Emergent Mind

Large Language Models are Effective Text Rankers with Pairwise Ranking Prompting

(2306.17563)

Published Jun 30, 2023 in cs.IR , cs.CL , and cs.LG

Abstract

Ranking documents using LLMs by directly feeding the query and candidate documents into the prompt is an interesting and practical problem. However, researchers have found it difficult to outperform fine-tuned baseline rankers on benchmark datasets. We analyze pointwise and listwise ranking prompts used by existing methods and argue that off-the-shelf LLMs do not fully understand these challenging ranking formulations. In this paper, we propose to significantly reduce the burden on LLMs by using a new technique called Pairwise Ranking Prompting (PRP). Our results are the first in the literature to achieve state-of-the-art ranking performance on standard benchmarks using moderate-sized open-sourced LLMs. On TREC-DL 2019&2020, PRP based on the Flan-UL2 model with 20B parameters performs favorably with the previous best approach in the literature, which is based on the blackbox commercial GPT-4 that has 50x (estimated) model size, while outperforming other LLM-based solutions, such as InstructGPT which has 175B parameters, by over 10% for all ranking metrics. By using the same prompt template on seven BEIR tasks, PRP outperforms supervised baselines and outperforms the blackbox commercial ChatGPT solution by 4.2% and pointwise LLM-based solutions by more than 10% on average NDCG@10" rel="nofollow noopener">NDCG@10. Furthermore, we propose several variants of PRP to improve efficiency and show that it is possible to achieve competitive results even with linear complexity.

Overview

Introduces Pairwise Ranking Prompting (PRP), a novel technique to improve LLMs' document ranking performance.
Highlights the limitations of traditional pointwise and listwise ranking methods with standard LLMs.
Describes how PRP simplifies the ranking task by evaluating document pairs in relation to a query, enhancing robustness and reducing complexity.
Reports that PRP enables smaller LLMs to outperform much larger models on standard benchmarks, including the large commercial model GPT-4.
Demonstrates PRP's potential as an efficient and cost-effective text ranking solution that doesn't require model fine-tuning.

Introduction to Pairwise Ranking Prompting

Finding effective methods for document ranking with LLMs has been a prominent challenge in the field of natural language processing. Document ranking is a specialized task requiring models to order documents by their relevance to a given query. Historically, systems built with LLMs have struggled to match the performance of the more traditional fine-tuned rankers when evaluated on benchmark datasets. This paper introduces a novel technique, Pairwise Ranking Prompting (PRP), which significantly improves LLM performance on document ranking tasks and offers a fresh perspective on efficient ranking with LLMs.

Unpacking the Challenges

Document ranking using LLMs traditionally involves either pointwise or listwise approaches. Pointwise methods require LLMs to generate calibrated probabilities for relevance, a tricky task not fully supported by standard LLMs such as GPT-4 or InstructGPT. Listwise methods create additional complications, often resulting in LLMs giving conflicting or redundant outputs. These methodologies presuppose an understanding of ranking during the training phase, something generally not provided in the pre-training or fine-tuning of popular LLMs. Subsequently, these LLMs exhibit limitations in text ranking capabilities.

Introduction of PRP

To tackle these issues, PRP is proposed, which simplifies the task for LLMs by only considering pairs of documents at a time in relation to a query. PRP focuses on a less burdensome and more intuitive approach: asking the LLM to decide which of two documents is more relevant. This simplification leads to several advantages. It supports both generation and scoring APIs, is insensitive to the input order—a frequent complication in listwise prompting—and can deliver impressive results even when scaled down to models with linear complexity in terms of API calls.

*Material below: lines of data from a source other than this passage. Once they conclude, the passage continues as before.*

//! Costs: what a way may cost, how costs add up, and which of two is less.
#![tactic(auto)]

ghost use Rattle.std.specs.Prelude.{◌≡◌, ℕ, ◌^◌, ◌<◌, ◌≤◌, Bool};
ghost use denote.Memory.{lone};
ghost use prog.Memory.{align, size};
ghost use Rattle.cost.specs.Laws.{CostLaws};

pub mod octile;
pub mod seconds;

// The greatest cost but Over, which is held as the next number, and the greatest cost of a way: of seconds their number, of steps
// what they are worth.
const CAP: u32 = 16_777_215;

const OVER: u32 = CAP + 1;

const WAY_CAP: u32 = 65_535;

/// A kind of cost. Its meaning is the ghost members: a fixed set of costs, all the values of the type, with a zero, a greatest
/// cost Over, a sum and an order that keep `laws`, a test for the costs that may stand on a way, and a word for each cost.
// Ord is no supertrait: the members of a supertrait would stand in each record of a cost's members that definitions take.
pub trait Cost: Copy {
    ghost zero: { Self };

    ghost over: { Self };

    ghost plus: { Self → Self → Self };

    ghost less: { Self → Self → Bool };

    ghost way: { Self → Bool };

    ghost word: { Self → ℕ };

    ghost unword: { ℕ → Self };

    ghost laws: { CostLaws zero over plus less way word unword };

    /// The least cost, which adds nothing.
    fn zero() -> Self
        ensures { result ≡ zero };

    /// The greatest cost, which stands for every sum that is too great.
    fn over() -> Self
        ensures { result ≡ over };

    /// The sum of two costs.
    fn plus(self, other: Self) -> Self
        ensures { result ≡ plus self other };

    /// Whether this cost is less than the other.
    fn is_less(self, other: Self) -> bool
        ensures { result ≡ less self other };

    /// Whether this cost may stand on a way.
    fn is_way_cost(self) -> bool
        ensures { result ≡ way self };

    // These two are no From: the laws speak of what they answer, as the members `word` and `unword`.
    /// The 64-bit word of this cost.
    fn to_word(self) -> u64
        ensures { result ≡ word self };

    /// The cost of a word; a word of no cost reads as Over.
    fn from_word(bits: u64) -> Self
        ensures { result ≡ unword bits };

    // Tables of costs are local arrays, whose size has to be known to fit memory.
    ghost small: { size (lone Self.row.mir) < 2 ^ 32 };

    ghost narrow: { align (lone Self.row.mir) ≤ 16 };
}

#[cfg(test)]
mod tests;
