//! Whole seconds.
ghost use Rattle.std.specs.Prelude.{◌≤◌};

pub mod costs;

/// A whole number of seconds up to 16,777,215, or Over. Over is held as the next number, so that order and sum need no case for it.
#[derive(Clone, Copy, PartialEq, Eq, PartialOrd, Ord, Debug)]
pub struct Seconds {
    number: u32,
    ghost capped: { number ≤ 16777216 },
}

Achievements and Comparative Analysis

The results of deploying PRP are remarkable. The approach propels moderate-sized, openly-sourced LLMs such as Flan-UL2 with 20B parameters to outperform much larger models. To illustrate, PRP achieves state-of-the-art performance against the blackbox commercial GPT-4, which is estimated to have a model size 50 times larger, improving over 5% at NDCG@1 on standard benchmarks like TREC-DL2020. It also surpasses InstructGPT with 175B parameters in nearly all standard ranking metrics. These findings substantiate the efficacy of PRP in obtaining superior ranking performance while also highlighting its adaptability and potential for resource-constrained research.

In summary, the paper demonstrates that PRP is not only effective for zero-shot ranking with LLMs but also presents a viable alternative that leverages the benefits of smaller, widely available LLMs. The technique's simplicity, efficiency, and disregard for model fine-tuning make it a groundbreaking approach for academic and practical applications in document ranking. It sets a new precedent in text ranking research, showcasing that the scaling down of model complexities might be as effective as employing massive, proprietary LLMs - offering the research community an accessible and cost-effective avenue to further explore and improve upon.